The judge told Boak, of Halifax, West Yorks., his victims were ‘particularly vulnerable’ because they were women desperate to be cured of long-standing ailments which had not been successfully treated by conventional medicine.
Boak’s first victim, a mother-of-three, had gone to him with chronic back pain in 2003, and he had groped her before continuing with the treatment as if nothing had happened.

As the judge was explaining the background of the case, he broke off to address Boak, who sat shaking his head in the dock, saying: ‘I can see you shaking your head, Mr Boak, which demonstrates you continue unwillingness to demonstrate any remorse whatsoever.’
The court heard that because the first victim was unable to report the attack, Boak was free to move on to another victim.
His second victim had put her trust in Boak and agreed to be naked in the healing sessions, because he assured her the treatment would be more effective this way. But on their last session he kissed her breasts and touched her genitals.
Then, in 2012, Boak attacked another patient – putting his hands down her top onto her breasts and groping her.
His last victim went to the police to make a complaint – and during the course of police investigations the second complainant, who was attacked seven years previously, was found.
The first victim came forward after seeing a report of Boak’s court appearance in a local paper.
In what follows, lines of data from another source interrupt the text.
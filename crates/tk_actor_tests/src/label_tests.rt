//! Kept labels beside labels made anew, after each change of runs that are drawn by their number.
ghost use Rattle.std.specs.Prelude.{IfOk, OnOk};
ghost use Rattle.std.specs.Option.{ForSome};
ghost use Rattle.tk_cache.specs.Fronts.{Shows};
ghost use Rattle.tk_cache.specs.Views.{seen};
ghost use Rattle.tk_journal.specs.Legal.{IsLegal};

use crate::journals::{delivered, fresh, journal_of, show};
use std::alloc::{AllocError, Global};
use std::test::Fail;
use tk_gen::generate;
use tk_journal::Journal;
use tk_labels::Labels;
use tk_run_cache::RunCache;
use tk_types::{Kind, List, Verdict};
use tk_verdict::verdicts;

/// How many tasks a run has in `tasks`.
const SIZE: u32 = 5;

/// Two tasks of `finally`, the second behind a guard, in front of `tasks`.
const FINALLY: &str = r#""finally":[
    {"name":"f","taskSpec":{"steps":[{"command":["true"]}]}},
    {"name":"g","when":[{"input":"$(tasks.t0.status)","operator":"notin","values":["Failed"]}],
     "taskSpec":{"steps":[{"command":["true"]}]}}],
    "tasks":"#;

/// A Scenario up to its outcomes.
const SCENARIO: &str =
    r#",{"apiVersion":"tkn.local/v1","kind":"Scenario","metadata":{"name":"s"},"spec":{"outcomes":["#;

/// What ends its outcomes, and begins its events.
const EVENTS: &str = r#"{"taskRun":"other","attempt":1,"exits":[1]}],"events":["#;

/// What ends all.
const END: &str = r#""round"]}}],"kind":"List"}"#;

/// What is asked of the run behind some rounds, by its number.
fn asked(number: u32) -> &'static str {
    match number % 5 {
        0 => r#""ask gen StoppedRunFinally","#,
        1 => r#""ask gen CancelledRunFinally","#,
        2 => r#""ask gen Cancelled","#,
        _ => "",
    }
}

/// Writes that all attempts of a task fail, and of its second combination where it has a matrix.
fn write_failure(alloc: Global, text: &mut String, task: u32) -> Result<(), AllocError> {
    for attempt in 1..4 {
        for end in ["", "-1"] {
            let outcome = format!(in alloc;
                r#"{{"taskRun":"gen-t{task}{end}","attempt":{attempt},"exits":[1]}},"#
            )?;
            text.push_str(outcome.as_str())?;
        }
    }
    Ok(())
}

/// Writes rounds, each with a comma behind it.
fn write_rounds(text: &mut String, count: u32) -> Result<(), AllocError> {
    for _ in 0..count {
        text.push_str(r#""round","#)?;
    }
    Ok(())
}

/// Writes a Scenario in which one task fails of three runs of four, and something is asked of three runs of five.
fn write_scenario(alloc: Global, text: &mut String, number: u32) -> Result<(), AllocError> {
    text.push_str(SCENARIO)?;
    if number % 4 != 0 {
        write_failure(alloc, text, number % SIZE)?;
    }
    text.push_str(EVENTS)?;
    write_rounds(text, number % 7 + 2)?;
    text.push_str(asked(number))?;
    text.push_str(END)
}

/// The generated run of a number up to its tasks, and its tasks, where the text has the form that is looked for.
fn parts_of(generated: &str) -> Option<(&str, &str)> {
    let (front, rest) = generated.split_once(r#""tasks":"#)?;
    let (tasks, _) = rest.split_once(r#"],"kind":"List""#)?;
    Some((front, tasks))
}

/// The run of a number, with its Scenario.
fn input(alloc: Global, number: u32) -> Result<Option<String>, AllocError> {
    let generated = generate(alloc, number, SIZE)?;
    let Some((front, tasks)) = parts_of(generated.as_str()) else {
        return Ok(None);
    };
    let mut text = String::from_str(alloc, front)?;
    text.push_str(FINALLY)?;
    text.push_str(tasks)?;
    write_scenario(alloc, &mut text, number)?;
    Ok(Some(text))
}

/// The journal of the run of a number.
fn played(alloc: Global, number: u32) -> Result<Option<Journal>, AllocError>
    ensures { IfOk result (λ found. ForSome found (λ journal. IsLegal journal.history)) }
{
    match input(alloc, number)? {
        Some(text) => Ok(journal_of(alloc, text.as_str())),
        None => Ok(None),
    }
}

/// What was seen of runs: at how many positions labels were those made anew and at how many others, and how many of these positions
/// had a stop, and had all done.
#[derive(Drop)]
struct Tally {
    same: u32,
    different: u32,
    stopped: u32,
    done: u32,
}

/// The labels that are made anew of the same facts.
fn anew(alloc: Global, labels: &Labels) -> Result<List<Verdict>, AllocError> {
    labels.formed();
    let facts = labels.facts(alloc)?;
    verdicts(alloc, &facts)
}

/// Whether these are the same labels.
fn are_same(labels: &[Verdict], others: &[Verdict]) -> bool {
    labels == others
}

/// Whether labels are those that are made anew of the same facts.
fn is_as_anew(alloc: Global, labels: &Labels) -> Result<bool, AllocError> {
    let anew = anew(alloc, labels)?;
    Ok(are_same(anew.as_slice(), labels.labels()))
}

impl Tally {
    /// Compares the labels of the run, where it is shown.
    fn compare(&mut self, alloc: Global, cache: &RunCache) -> Result<(), AllocError> {
        let Some(labels) = cache.labels("gen") else {
            return Ok(());
        };
        if is_as_anew(alloc, labels)? {
            self.same = self.same.saturating_add(1);
        } else {
            self.different = self.different.saturating_add(1);
        }
        self.look(labels);
        Ok(())
    }

    /// Counts what can be seen of labels.
    fn look(&mut self, labels: &Labels) {
        if !labels.stops().is_empty() {
            self.stopped = self.stopped.saturating_add(1);
        }
        if labels.all_done() {
            self.done = self.done.saturating_add(1);
        }
    }

    /// Shows a cache a kind as it stood at a position, and compares.
    fn step(
        &mut self,
        alloc: Global,
        cache: &mut RunCache,
        journal: &Journal,
        shown: (Kind, u64),
    ) -> Result<(), AllocError>
        requires legal { IsLegal journal.now.history }
        requires shows { Shows (seen cache.old) journal.now.history }
        ensures { OnOk result (Shows (seen cache.new) journal.now.history) }
    {
        show(cache, journal, shown.0, shown.1)?;
        self.compare(alloc, cache)
    }

    /// Compares at each position of a journal, once the TaskRuns are shown and again once the runs are, and where all was
    /// delivered at once.
    fn go(&mut self, alloc: Global, journal: &Journal) -> Result<(), AllocError>
        requires { IsLegal journal.now.history }
    {
        let mut cache = fresh(alloc, journal);
        for place in 0..journal.len() {
            self.step(alloc, &mut cache, journal, (Kind::TaskRuns, place + 1))?;
            self.step(alloc, &mut cache, journal, (Kind::Runs, place + 1))?;
        }
        self.compare(alloc, &delivered(alloc, journal)?)
    }
}

/// What is seen of the run of a number.
fn tallied(alloc: Global, number: u32, tally: &mut Tally) -> Result<bool, AllocError> {
    let Some(journal) = played(alloc, number)? else {
        return Ok(false);
    };
    tally.go(alloc, &journal)?;
    Ok(true)
}

#[test]
fn kept_labels_are_those_made_anew(rt: HostRuntime) -> Result<(), Fail> {
    let alloc = rt.alloc();
    let mut tally = Tally {
        same: 0,
        different: 0,
        stopped: 0,
        done: 0,
    };
    for number in 1..51 {
        assert!(rt; tallied(alloc, number, &mut tally)?);
    }
    assert_eq!(rt; (tally.same, tally.different), (3860, 0));
    assert!(rt; tally.stopped > 0 && tally.done > 0);
    Ok(())
}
Michelle Lofthouse, for Boak, told the court that her client was relied upon by his wife due to ill-health, but Judge Rose pointed out that the offences had taken place when his wife was in the house.
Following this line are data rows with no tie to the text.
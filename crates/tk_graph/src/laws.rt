//! Laws of the definitions that the contracts cite.

ghost use Rattle.std.specs.Prelude.{◌≡◌, ◌↔◌, ◌≢◌, ℕ, List, [], None, All, IsTrue};
ghost use Rattle.tk_types.specs.declared.task.PipelineTask.{PipelineTask};
ghost use Rattle.tk_graph.specs.Cycle.{left_of, cycle_of, cycle_names, IsCycle};
ghost use Rattle.tk_graph.specs.Parents.{parents, parent_names, IsAcyclic, IsAncestor};
ghost use Rattle.tk_graph.specs.Unknown.{first_unknown, is_known};

/// Ranks exist exactly where no task is left, and exactly where no task is its own ancestor.
pub fn acyclic()
    ensures none_left { (tasks : List PipelineTask) → IsAcyclic tasks ↔ (left_of tasks ≡ []) }
    ensures no_own_ancestor { (tasks : List PipelineTask) → IsAcyclic tasks ↔ ((task : ℕ) → IsAncestor tasks task task → ⊥) }
{}

/// Where tasks are left, the cycle that is told is one.
pub fn cycle()
    ensures { (tasks : List PipelineTask) → left_of tasks ≢ [] → IsCycle (parents tasks) (cycle_of tasks) }
{}

/// No cycle is told exactly where the tasks can be ranked.
pub fn no_cycle()
    ensures { (tasks : List PipelineTask) → (cycle_names tasks ≡ None) ↔ IsAcyclic tasks }
{}

/// No name is unknown exactly where each parent that a task names is a task's name.
pub fn known_parents()
    ensures { (tasks : List PipelineTask)
        → (first_unknown tasks ≡ None) ↔ All (λ task. All (λ name. IsTrue (is_known tasks name)) (parent_names task)) tasks }
{}
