ghost use Rattle.std.specs.Prelude.{◌≡◌, ◌⊎◌, ◌<◌, ◌≤◌, ◌^◌, ℕ, [], length, replicate, slice_index, All, IsTrue, IfOk, OnOk};
ghost use Rattle.std.specs.List.{range_with_len};
ghost use Rattle.tk_graph.specs.Cycle.{is_among};
ghost use Rattle.tk_graph.specs.Removal.{IsInside, IsRemoving, IsRemoved, Waits};

use crate::below::children;
use std::alloc::{AllocError, Global};
use tk_types::List;

/// Tasks removed one after the other, each after its parents.
#[derive(Drop)]
struct Removal {
    /// The rank of each task that is removed, and the number of tasks for any other.
    ranks: Vec<u32>,
    /// The tasks that are removed, in order.
    removed: Vec<u32>,
    /// How many parents of each task, from the first on, are known to be removed.
    cursors: Vec<usize>,
}

/// The first parent from a place in the list on that isn't removed, or the list's length.
pub(crate) fn next_left(parents: &[u32], ranks: &[u32], from: usize) -> usize
    requires from { from ≤ length parents.now }
    requires places { All (λ parent. parent < length ranks.now) parents.now }
    ensures least { from ≤ result }
    ensures most { result ≤ length parents.now }
    ensures passed { (k : ℕ) → from ≤ k → k < result → slice_index ranks.now (slice_index parents.now k) < length ranks.now }
    ensures stops { result < length parents.now → length ranks.now ≤ slice_index ranks.now (slice_index parents.now result) }
{
    for next in from..parents.len() {
        if ranks[parents[next] as usize] as usize >= ranks.len() {
            return next;
        }
    }
    parents.len()
}

/// Removes a task if all its parents are removed, and else leaves its cursor at one that isn't.
fn settle(above: &[List<u32>], removal: &mut Removal, task: u32) -> Result<(), AllocError>
    requires few { length above.now < 2 ^ 32 }
    requires inside { IsInside above.now }
    requires exists { task < length above.now }
    requires removing { IsRemoving above.now removal.old.ranks.items removal.old.removed.items removal.old.cursors.items }
    ensures removing { OnOk result (IsRemoving above.now removal.new.ranks.items removal.new.removed.items removal.new.cursors.items) }
    ensures more { length removal.old.removed.items ≤ length removal.new.removed.items }
    ensures settled { OnOk result ((step place : ℕ) → step ≤ length removal.old.removed.items → place < length above.now
        → (place ≡ task) ⊎ Waits above.now removal.old.ranks.items removal.old.cursors.items step place
        → Waits above.now removal.new.ranks.items removal.new.cursors.items step place) }
{
    let place = task as usize;
    if (removal.ranks[place] as usize) < removal.ranks.len() {
        return Ok(());
    }
    let parents = above[place].as_slice();
    let next = next_left(parents, removal.ranks.as_slice(), removal.cursors[place]);
    if next == parents.len() {
        let rank = removal.removed.len() as u32;
        removal.removed.push(task)?;
        removal.ranks[place] = rank;
    }
    removal.cursors[place] = next;
    Ok(())
}

/// Removes those of some tasks whose parents are all removed.
fn settle_all(above: &[List<u32>], removal: &mut Removal, tasks: &[u32]) -> Result<(), AllocError>
    requires few { length above.now < 2 ^ 32 }
    requires inside { IsInside above.now }
    requires exist { All (λ task. task < length above.now) tasks.now }
    requires removing { IsRemoving above.now removal.old.ranks.items removal.old.removed.items removal.old.cursors.items }
    ensures removing { OnOk result (IsRemoving above.now removal.new.ranks.items removal.new.removed.items removal.new.cursors.items) }
    ensures more { length removal.old.removed.items ≤ length removal.new.removed.items }
    ensures settled { OnOk result ((step place : ℕ) → step ≤ length removal.old.removed.items → place < length above.now
        → IsTrue (is_among tasks.now place) ⊎ Waits above.now removal.old.ranks.items removal.old.cursors.items step place
        → Waits above.now removal.new.ranks.items removal.new.cursors.items step place) }
{
    for task in tasks {
        settle(above, removal, *task)?;
    }
    Ok(())
}

/// Nothing is removed yet.
fn start(alloc: Global, count: usize) -> Result<Removal, AllocError>
    requires { count < 2 ^ 32 }
    ensures ranks { IfOk result (λ removal. removal.ranks.items ≡ replicate count count) }
    ensures removed { IfOk result (λ removal. removal.removed.items ≡ []) }
    ensures cursors { IfOk result (λ removal. removal.cursors.items ≡ replicate count 0) }
{
    Ok(Removal {
        ranks: vec![in alloc; count as u32; count]?,
        removed: Vec::with_capacity(alloc, count)?,
        cursors: vec![in alloc; 0; count]?,
    })
}

/// All places.
pub(crate) fn places(alloc: Global, count: usize) -> Result<Vec<u32>, AllocError>
    requires { count < 2 ^ 32 }
    ensures { IfOk result (λ places. places.items ≡ range_with_len 0 count) }
{
    let mut places = Vec::with_capacity(alloc, count)?;
    for place in 0..count as u32 {
        places.push(place)?;
    }
    Ok(places)
}

/// Removes what can be removed, each task after its parents, in time near the number of tasks and parents: the rank
/// of each task, and the number of tasks for each that is left.
pub(crate) fn remove(alloc: Global, above: &[List<u32>]) -> Result<Vec<u32>, AllocError>
    requires few { length above.now < 2 ^ 32 }
    requires inside { IsInside above.now }
    ensures { IfOk result (λ ranks. IsRemoved above.now ranks.items) }
{
    let below = children(alloc, above)?;
    let all = places(alloc, above.len())?;
    let mut removal = start(alloc, above.len())?;
    settle_all(above, &mut removal, all.as_slice())?;
    let mut next = 0;
    while next < removal.removed.len() {
        let task = removal.removed[next];
        next += 1;
        settle_all(above, &mut removal, below[task as usize].as_slice())?;
    }
    let Removal { ranks, .. } = removal;
    Ok(ranks)
}
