//! Journals of inputs that are played to their end, and caches that show them.
ghost use Rattle.std.specs.Prelude.{IfOk, OnOk};
ghost use Rattle.std.specs.Option.{ForSome};
ghost use Rattle.tk_cache.specs.Fronts.{Shows};
ghost use Rattle.tk_cache.specs.Views.{seen};
ghost use Rattle.tk_journal.specs.Legal.{IsLegal};

use std::alloc::{AllocError, Global};
use tk_cache::laws::nothing_shows;
use tk_journal::Journal;
use tk_run_cache::RunCache;
use tk_simulate::simulate;
use tk_types::Kind;

/// The journal of an input that is played to its end, where it is admitted. What `simulate` promises of it stays here.
pub(crate) fn journal_of(alloc: Global, text: &str) -> Option<Journal>
    ensures { ForSome result (λ journal. IsLegal journal.history) }
{
    match simulate(alloc, text.as_bytes()) {
        Ok(journal) => Some(journal),
        Err(_) => None,
    }
}

/// A cache that has seen nothing of a journal yet.
pub(crate) fn fresh(alloc: Global, journal: &Journal) -> RunCache
    ensures { Shows (seen result) journal.now.history }
{
    nothing_shows();
    RunCache::empty(alloc)
}

/// Shows a cache a kind as it stood at a position, or at the end.
pub(crate) fn show(
    cache: &mut RunCache,
    journal: &Journal,
    kind: Kind,
    position: u64,
) -> Result<(), AllocError>
    requires legal { IsLegal journal.now.history }
    requires shows { Shows (seen cache.old) journal.now.history }
    ensures { OnOk result (Shows (seen cache.new) journal.now.history) }
{
    cache.relist(journal, kind, position.min(journal.len()))
}

/// Delivers all runs and TaskRuns of a journal to a cache that has seen nothing of it.
pub(crate) fn delivered(alloc: Global, journal: &Journal) -> Result<RunCache, AllocError>
    requires { IsLegal journal.now.history }
    ensures { IfOk result (λ cache. Shows (seen cache) journal.now.history) }
{
    let mut cache = fresh(alloc, journal);
    cache.deliver(journal, Kind::Runs, u64::MAX)?;
    cache.deliver(journal, Kind::TaskRuns, u64::MAX)?;
    Ok(cache)
}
Telling Boak that the public ‘needed protection’ from people who they place their trust in, Judge Rose handed him a two-year sentence for each of the three offences, which will run concurrently.
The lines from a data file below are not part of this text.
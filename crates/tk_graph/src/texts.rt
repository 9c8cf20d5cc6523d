ghost use Rattle.std.specs.Prelude.{◌≡◌, ◌++◌, [], flat_map, map, IfOk, OnOk};
ghost use Rattle.tk_types.specs.Value.{value_texts};
ghost use Rattle.tk_types.specs.declared.value.Param.{Param as ParamRecord};
ghost use Rattle.tk_graph.specs.Results.{guards_texts, matrix_texts, params_texts, result_tasks, task_texts};

use crate::references::add_of_text;
use std::alloc::{AllocError, Global};
use tk_types::{List, Matrix, Pair, Param, PipelineTask, Text, Value, When};

/// Adds texts.
fn add_texts<'t>(made: &mut Vec<&'t Text>, texts: &'t [Text]) -> Result<(), AllocError>
    ensures { OnOk result (map (λ t. t.now) made.new.items ≡ map (λ t. t.now) made.old.items ++ texts.now) }
{
    for text in texts {
        made.push(text)?;
    }
    Ok(())
}

/// Adds the texts of pairs.
fn add_pairs<'t>(made: &mut Vec<&'t Text>, pairs: &'t [Pair]) -> Result<(), AllocError>
    ensures { OnOk result (map (λ t. t.now) made.new.items ≡ map (λ t. t.now) made.old.items ++ map (λ p. p.value) pairs.now) }
{
    for pair in pairs {
        made.push(&pair.value)?;
    }
    Ok(())
}

/// Adds the texts of a value.
fn add_value<'t>(made: &mut Vec<&'t Text>, value: &'t Value) -> Result<(), AllocError>
    ensures { OnOk result (map (λ t. t.now) made.new.items ≡ map (λ t. t.now) made.old.items ++ value_texts value.now) }
{
    match value {
        Value::Str(text) => Ok(made.push(text)?),
        Value::Arr(texts) => add_texts(made, texts.as_slice()),
        Value::Obj(pairs) => add_pairs(made, pairs.as_slice()),
    }
}

/// Adds the texts of parameters.
fn add_params<'t>(made: &mut Vec<&'t Text>, params: &'t [Param]) -> Result<(), AllocError>
    ensures { OnOk result (map (λ t. t.now) made.new.items ≡ map (λ t. t.now) made.old.items ++ params_texts params.now) }
{
    for param in params {
        add_value(made, &param.value)?;
    }
    Ok(())
}

/// Adds the texts of the include entries of a matrix.
fn add_entries<'t>(made: &mut Vec<&'t Text>, entries: &'t [List<Param>]) -> Result<(), AllocError>
    ensures { OnOk result (map (λ t. t.now) made.new.items ≡ map (λ t. t.now) made.old.items ++ flat_map params_texts entries.now) }
{
    for entry in entries {
        add_params(made, entry.as_slice())?;
    }
    Ok(())
}

/// Adds the texts of a matrix, where there is one.
fn add_matrix<'t>(made: &mut Vec<&'t Text>, matrix: &'t Option<Matrix>) -> Result<(), AllocError>
    ensures { OnOk result (map (λ t. t.now) made.new.items ≡ map (λ t. t.now) made.old.items ++ matrix_texts matrix.now) }
{
    if let Some(matrix) = matrix {
        add_params(made, matrix.params.as_slice())?;
        add_entries(made, matrix.include.as_slice())?;
    }
    Ok(())
}

/// Adds the texts of `when` expressions.
fn add_guards<'t>(made: &mut Vec<&'t Text>, guards: &'t [When]) -> Result<(), AllocError>
    ensures { OnOk result (map (λ t. t.now) made.new.items ≡ map (λ t. t.now) made.old.items ++ guards_texts guards.now) }
{
    for guard in guards {
        made.push(&guard.input)?;
        add_texts(made, guard.values.as_slice())?;
    }
    Ok(())
}

/// The texts of a task in which references are substituted, in reading order: those of its parameters, its matrix and
/// its `when` expressions. The only error is want of memory.
pub fn task_texts(alloc: Global, task: &PipelineTask) -> Result<Vec<&Text>, AllocError>
    ensures { IfOk result (λ texts. map (λ t. t.now) texts.items ≡ task_texts task.now) }
{
    let mut made = Vec::new(alloc);
    add_params(&mut made, task.params.as_slice())?;
    add_matrix(&mut made, &task.matrix)?;
    add_guards(&mut made, task.when.as_slice())?;
    Ok(made)
}

/// The names of the tasks to whose results a task refers, in reading order, each as often as it stands there.
pub fn result_tasks(alloc: Global, task: &PipelineTask) -> Result<List<Text>, AllocError>
    ensures { IfOk result (λ names. names ≡ result_tasks (task_texts task.now)) }
{
    let texts = task_texts(alloc, task)?;
    let mut names = List::new(alloc);
    for text in texts.as_slice() {
        add_of_text(alloc, text.as_str(), &mut names)?;
    }
    Ok(names)
}
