ghost use Rattle.std.specs.Prelude.{◌≡◌, ◌<◌, ◌^◌, ◌++◌, length, map, bytes_eq, IfOk, OnOk};
ghost use Rattle.std.specs.List.{flat_map, list_any, range_with_len};
ghost use Rattle.tk_types.specs.Lists.{places_where};
ghost use Rattle.tk_types.specs.declared.task.PipelineTask.{PipelineTask};
ghost use Rattle.tk_graph.specs.Index.{places_of_name};
ghost use Rattle.tk_graph.specs.Parents.{parent_names as names_of_parents, parents as parents_of};

use crate::names::Names;
use crate::references::{add_of_guards, add_of_matrix, add_of_params};
use std::alloc::{AllocError, Global};
use tk_types::{List, PipelineTask, Text, TryCopy};

/// Adds copies of some names.
fn add_copies(alloc: Global, wanted: &[Text], names: &mut List<Text>) -> Result<(), AllocError>
    ensures { OnOk result (names.new ≡ names.old ++ wanted.now) }
{
    for name in wanted {
        names.push(name.copy(alloc)?)?;
    }
    Ok(())
}

/// The names of a task's parents, in reading order.
pub(crate) fn parent_names(alloc: Global, task: &PipelineTask) -> Result<List<Text>, AllocError>
    ensures { IfOk result (λ names. names ≡ names_of_parents task.now) }
{
    let mut names = List::new(alloc);
    add_of_params(alloc, task.params.as_slice(), &mut names)?;
    add_of_matrix(alloc, &task.matrix, &mut names)?;
    add_copies(alloc, task.run_after.as_slice(), &mut names)?;
    add_of_guards(alloc, task.when.as_slice(), &mut names)?;
    Ok(names)
}

/// Whether a name is among some.
fn is_among(names: &[Text], name: &str) -> bool
    ensures { result ≡ list_any (λ other. bytes_eq other name.now) names.now }
{
    names.iter().any(|other| other.as_str() == name)
}

/// The places of the tasks that have one of these names, ascending.
fn places_named(
    alloc: Global,
    tasks: &[PipelineTask],
    names: &[Text],
) -> Result<List<u32>, AllocError>
    requires { length tasks.now < 2 ^ 32 }
    ensures { IfOk result (λ places. places ≡ places_where (λ (t : PipelineTask). list_any (λ name. bytes_eq name t.name) names.now) tasks.now) }
{
    let mut places = List::new(alloc);
    for (place, task) in tasks.iter().enumerate() {
        if is_among(names, task.name.as_str()) {
            places.push(place as u32)?;
        }
    }
    Ok(places)
}

/// The places of a task's parents, ascending and without repeats: the tasks to whose results its parameters, its matrix
/// and its `when` expressions refer, and those after which it runs (Tekton, Pipelines, Configuring the Task execution
/// order). All tasks of a name are meant where it is named. The only error is want of memory.
pub fn parents(alloc: Global, tasks: &[PipelineTask], task: u32) -> Result<List<u32>, AllocError>
    requires few { length tasks.now < 2 ^ 32 }
    requires exists { task < length tasks.now }
    ensures { IfOk result (λ places. places ≡ parents_of tasks.now task) }
{
    let names = parent_names(alloc, &tasks[task as usize])?;
    places_named(alloc, tasks, names.as_slice())
}

/// The places of some names, name by name.
fn gathered(alloc: Global, names: &Names, wanted: &[Text]) -> Result<Vec<u32>, AllocError>
    ensures { IfOk result (λ places. places.items ≡ flat_map (places_of_name names.now) wanted.now) }
{
    let mut places = Vec::new(alloc);
    for name in wanted {
        places.extend_from_slice(names.places(name.as_str()))?;
    }
    Ok(places)
}

/// The places of the tasks of some names, ascending and without repeats.
fn places_of_all(alloc: Global, names: &Names, wanted: &[Text]) -> Result<List<u32>, AllocError>
    ensures { IfOk result (λ places. places ≡ places_where (λ (t : PipelineTask). list_any (λ name. bytes_eq name t.name) wanted.now) names.now) }
{
    let mut places = gathered(alloc, names, wanted)?;
    places.sort_unstable();
    places.dedup();
    Ok(List::from_vec(places))
}

/// The parents of each task.
pub(crate) fn edges(alloc: Global, names: &Names) -> Result<List<List<u32>>, AllocError>
    ensures { IfOk result (λ above. above ≡ map (parents_of names.now) (range_with_len 0 (length names.now))) }
{
    let tasks = names.tasks();
    let mut above = List::new(alloc);
    for task in tasks {
        let wanted = parent_names(alloc, task)?;
        above.push(places_of_all(alloc, names, wanted.as_slice())?)?;
    }
    Ok(above)
}

/// The places of each task's parents, as `parents` gives them, in time near the number of tasks and parents. The
/// only error is want of memory.
pub fn all_parents(alloc: Global, tasks: &[PipelineTask]) -> Result<List<List<u32>>, AllocError>
    requires { length tasks.now < 2 ^ 32 }
    ensures { IfOk result (λ above. above ≡ map (parents_of tasks.now) (range_with_len 0 (length tasks.now))) }
{
    let names = Names::new(alloc, tasks)?;
    edges(alloc, &names)
}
He ordered Boak to sign onto the Sex Offender’s Register for ten years. And he was also made subject to an indefinite Sexual Offences Protection Order, which prohibits Boak from conducting any treatment in person with a female unless accompanied by a person over 18 years of age.
One of the victim’s husbands said in a statement after the sentencing: ‘My wife and I are relieved that George Boak has been convicted of sexual offences unanimously. He has rightly been exposed as the cruel and arrogant sex offender that he is.
‘He exposed my wife and his other victims to the ordeal of a trial during which they have been forced to relive the horrific experiences that they have had to live with for years’
– Husband of one of Boak’s victims
‘He exposed my wife and his other victims to the ordeal of a trial during which they have been forced to relive the horrific experiences that they have had to live with for years.
‘I am proud of my wife and the other two ladies for having the strength to endure this and bring George Boak to justice.
‘Throughout this ordeal George Boak showed no remorse for his actions.
‘These brave ladies will continue to have to live with these memories even though his conviction brings an element of closure for them.
‘He allowed my wife and the others into his home at a time when, using his own word, they were desperate to achieve relief from chronic pain.
‘They trusted him and he abused that trust in the most depraved way.
‘He denied them the healing that he can undoubtedly offer but worse still, he took away their trust and damaged their health and well-being.
‘We hope he will accept his guilt and that his family, like his survivors, are able to cope with the consequences of his crimes.
‘We also hope that this case will act as a message to abusers that they cannot act with impunity and that it may inspire other victims of sexual crime to report such offences to the police.’